*Activity:* Output every entry verbatim.

*Data for this exercise:*
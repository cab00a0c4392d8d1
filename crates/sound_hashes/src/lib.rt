// The test of the regions' hashes in lent tables (document 02, request 1). Any words may stand in the tables.

#![tactic(auto)]

ghost use Rattle.std.specs.Prelude.{◌≡◌};
ghost use Rattle.tables.specs.View.{view, Sized};
ghost use Rattle.sections.specs.Rows.{hash_in};
ghost use Rattle.sound_hashes.specs.Hashes.{hash_clear, hash_fits, row_holds, hashes_hold};

use pools::Pool;
use tables::RegionHash;

fn hash_clear(h: RegionHash) -> bool
    ensures { result ≡ hash_clear h }
{
    h == RegionHash::default()
}

#[tactic(auto, unfolding(crate::specs::Hashes::hash_fits))]
fn hash_fits(free: bool, h: RegionHash) -> bool
    ensures { result ≡ hash_fits free h }
{
    !free && h.given == 1 || hash_clear(h)
}

#[tactic(auto, unfolding(crate::specs::Hashes::row_holds))]
fn row_holds(links: &[u64], p: &[u64], i: usize) -> bool
    ensures { result ≡ row_holds links.now (hash_in p.now) i }
{
    let free = 0 < words::word(links, i);
    hash_fits(free, sections::row_in::<RegionHash>(p, i))
}

// Whether each region in use has a hash or none, and each free slot none.
pub fn hashes_hold(t: &[u64]) -> bool
    requires { Sized t.now }
    ensures { result ≡ hashes_hold (view t.now) }
{
    let n = words::size(t, sizes::REGIONS);
    let links = sections::links_of(t, Pool::Regions);
    let p = sections::rows_of::<RegionHash>(t);
    (0..n).all(|i| row_holds(links, p, i))
}
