// A domain's slot list by value (free_list.rs). Free slots form a stack by their handles' slots; 0 stands behind the last (`FreeList`).

#![tactic(auto)]

ghost use Rattle.std.specs.Prelude.{◌≡◌, ◌-◌};
ghost use Rattle.slot_list.specs.Lists.{free_slot, is_free_b, slot_in, put_in, empty_slot, give_slot, take_slot};

use sizes::MOST_SLOTS;
use tables::{Handle, Slot};

// The list with its free list: `head` is the free slot that is given next, `count` the slots in use.
// The places past `size` hold the slot that is all zero. An array with a size and no `Vec`: nothing here allocates.
#[derive(Clone, Copy)]
pub struct SlotList {
    pub slots: [Slot; MOST_SLOTS],
    pub head: u64,
    pub count: u64,
    pub size: usize,
}

// What giving answers: the slot, none where the list is full; and the list where it is in use.
#[derive(Clone, Copy)]
pub struct Given {
    pub at: Option<usize>,
    pub list: SlotList,
}

// A free slot, with the free slot `next` after it.
pub fn free_slot(next: u64) -> Slot
    ensures { result ≡ free_slot next }
{
    let handle = Handle {
        slot: next,
        generation: 0,
    };
    Slot {
        kind: Slot::FREE,
        handle,
    }
}

pub fn is_free(x: Slot) -> bool
    ensures { result ≡ is_free_b x }
{
    x.kind == Slot::FREE
}

pub fn less_one(n: u64) -> u64
    ensures { result ≡ n - 1 }
{
    n.saturating_sub(1)
}

// Slot i; a number too large answers a free slot.
pub fn slot_of(list: SlotList, i: usize) -> Slot
    ensures { result ≡ slot_in list i }
{
    if i < list.size && i < MOST_SLOTS {
        list.slots[i]
    } else {
        free_slot(0)
    }
}

// A capability into slot i.
pub fn put(mut list: SlotList, i: usize, x: Slot) -> SlotList
    ensures { result ≡ put_in list i x }
{
    if i < MOST_SLOTS {
        list.slots[i] = x;
    }
    list
}

// `Capa::None` into slot i, where that is in use.
pub fn empty(list: SlotList, i: usize) -> SlotList
    ensures { result ≡ empty_slot list i }
{
    if is_free(slot_of(list, i)) {
        return list;
    }
    put(list, i, Slot::default())
}

// `FreeList::allocate`: the slot at the head, which holds None until a capability is put there.
pub fn give(list: SlotList) -> Given
    ensures { result ≡ give_slot list }
{
    let i = list.head as usize;
    let x = slot_of(list, i);
    if i < list.size && (list.count as usize) < list.size && is_free(x) {
        let mut out = put(list, i, Slot::default());
        out.head = x.handle.slot;
        out.count = list.count + 1;
        return Given {
            at: Some(i),
            list: out,
        };
    }
    Given { at: None, list }
}

// `FreeList::free`: slot i is the head, with the old head behind it; nothing where it is not in use.
pub fn take(list: SlotList, i: usize) -> SlotList
    ensures { result ≡ take_slot list i }
{
    if is_free(slot_of(list, i)) {
        return list;
    }
    let mut out = put(list, i, free_slot(list.head));
    out.head = i as u64;
    out.count = less_one(list.count);
    out
}
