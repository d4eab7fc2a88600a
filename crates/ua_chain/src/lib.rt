//! Least chains of terms: those of Jónsson, of Hagemann and Mitschke, and of Day, over the closure of the terms'
//! vectors on patterns.
#![tactic(auto)]

mod chains;
mod classes;
mod climbs;
pub mod laws;
mod least_chains;
mod rows;
mod vectors;

pub use chains::Chain;
pub use least_chains::{NamedKind, day, hagemann_mitschke, jonsson, least_chain, named_chain};
pub use ua_identity::Kind;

*Expected answer:*
repository cab00a0c4392d8d1
filename crates/sound_hashes/src/lib.rt
// The test of the regions' hashes in lent tables (document 02, request 1). Any words may stand in the tables.

#![tactic(auto)]

ghost use Rattle.std.specs.Prelude.{◌≡◌};
ghost use Rattle.tables.specs.View.{view, Sized};
ghost use Rattle.sections.specs.Rows.{hash_in};
ghost use Rattle.sound_hashes.specs.Hashes.{hash_clear, hash_fits, row_holds, hashes_hold};

use pools::Pool;
use tables::RegionHash;

fn hash_clear(h: RegionHash) -> bool
    ensures { result ≡ hash_clear h }
{
    h == RegionHash::default()
}

#[tactic(auto, unfolding(crate::specs::Hashes::hash_fits))]
fn hash_fits(free: bool, h: RegionHash) -> bool
    ensures { result ≡ hash_fits free h }
{
    !free && h.given == 1 || hash_clear(h)
}

#[tactic(auto, unfolding(crate::specs::Hashes::row_holds))]
fn row_holds(links: &[u64], p: &[u64], i: usize) -> bool
    ensures { result ≡ row_holds links.now (hash_in p.now) i }
{
    let free = 0 < words::word(links, i);
    hash_fits(free, sections::row_in::<RegionHash>(p, i))
}

// Whether each region in use has a hash or none, and each free slot none.
pub fn hashes_hold(t: &[u64]) -> bool
    requires { Sized t.now }
    ensures { result ≡ hashes_hold (view t.now) }
{
    let n = words::size(t, sizes::REGIONS);
    let links = sections::links_of(t, Pool::Regions);
    let p = sections::rows_of::<RegionHash>(t);
    (0..n).all(|i| row_holds(links, p, i))
}
// A domain's slot list by value (free_list.rs). Free slots form a stack by their handles' slots; 0 stands behind the last (`FreeList`).

#![tactic(auto)]

ghost use Rattle.std.specs.Prelude.{◌≡◌, ◌-◌};
ghost use Rattle.slot_list.specs.Lists.{free_slot, is_free_b, slot_in, put_in, empty_slot, give_slot, take_slot};

use sizes::MOST_SLOTS;
use tables::{Handle, Slot};

// The list with its free list: `head` is the free slot that is given next, `count` the slots in use.
// The places past `size` hold the slot that is all zero. An array with a size and no `Vec`: nothing here allocates.
#[derive(Clone, Copy)]
pub struct SlotList {
    pub slots: [Slot; MOST_SLOTS],
    pub head: u64,
    pub count: u64,
    pub size: usize,
}

// What giving answers: the slot, none where the list is full; and the list where it is in use.
#[derive(Clone, Copy)]
pub struct Given {
    pub at: Option<usize>,
    pub list: SlotList,
}

// A free slot, with the free slot `next` after it.
pub fn free_slot(next: u64) -> Slot
    ensures { result ≡ free_slot next }
{
    let handle = Handle {
        slot: next,
        generation: 0,
    };
    Slot {
        kind: Slot::FREE,
        handle,
    }
}

pub fn is_free(x: Slot) -> bool
    ensures { result ≡ is_free_b x }
{
    x.kind == Slot::FREE
}

pub fn less_one(n: u64) -> u64
    ensures { result ≡ n - 1 }
{
    n.saturating_sub(1)
}

// Slot i; a number too large answers a free slot.
pub fn slot_of(list: SlotList, i: usize) -> Slot
    ensures { result ≡ slot_in list i }
{
    if i < list.size && i < MOST_SLOTS {
        list.slots[i]
    } else {
        free_slot(0)
    }
}

// A capability into slot i.
pub fn put(mut list: SlotList, i: usize, x: Slot) -> SlotList
    ensures { result ≡ put_in list i x }
{
    if i < MOST_SLOTS {
        list.slots[i] = x;
    }
    list
}

// `Capa::None` into slot i, where that is in use.
pub fn empty(list: SlotList, i: usize) -> SlotList
    ensures { result ≡ empty_slot list i }
{
    if is_free(slot_of(list, i)) {
        return list;
    }
    put(list, i, Slot::default())
}

// `FreeList::allocate`: the slot at the head, which holds None until a capability is put there.
pub fn give(list: SlotList) -> Given
    ensures { result ≡ give_slot list }
{
    let i = list.head as usize;
    let x = slot_of(list, i);
    if i < list.size && (list.count as usize) < list.size && is_free(x) {
        let mut out = put(list, i, Slot::default());
        out.head = x.handle.slot;
        out.count = list.count + 1;
        return Given {
            at: Some(i),
            list: out,
        };
    }
    Given { at: None, list }
}

// `FreeList::free`: slot i is the head, with the old head behind it; nothing where it is not in use.
pub fn take(list: SlotList, i: usize) -> SlotList
    ensures { result ≡ take_slot list i }
{
    if is_free(slot_of(list, i)) {
        return list;
    }
    let mut out = put(list, i, free_slot(list.head));
    out.head = i as u64;
    out.count = less_one(list.count);
    out
}
repository d4eab7fc2a88600a
filename crates/ua_chain/src/lib.rt
//! Least chains of terms: those of Jónsson, of Hagemann and Mitschke, and of Day, over the closure of the terms'
//! vectors on patterns.
#![tactic(auto)]

mod chains;
mod classes;
mod climbs;
pub mod laws;
mod least_chains;
mod rows;
mod vectors;

pub use chains::Chain;
pub use least_chains::{NamedKind, day, hagemann_mitschke, jonsson, least_chain, named_chain};
pub use ua_identity::Kind;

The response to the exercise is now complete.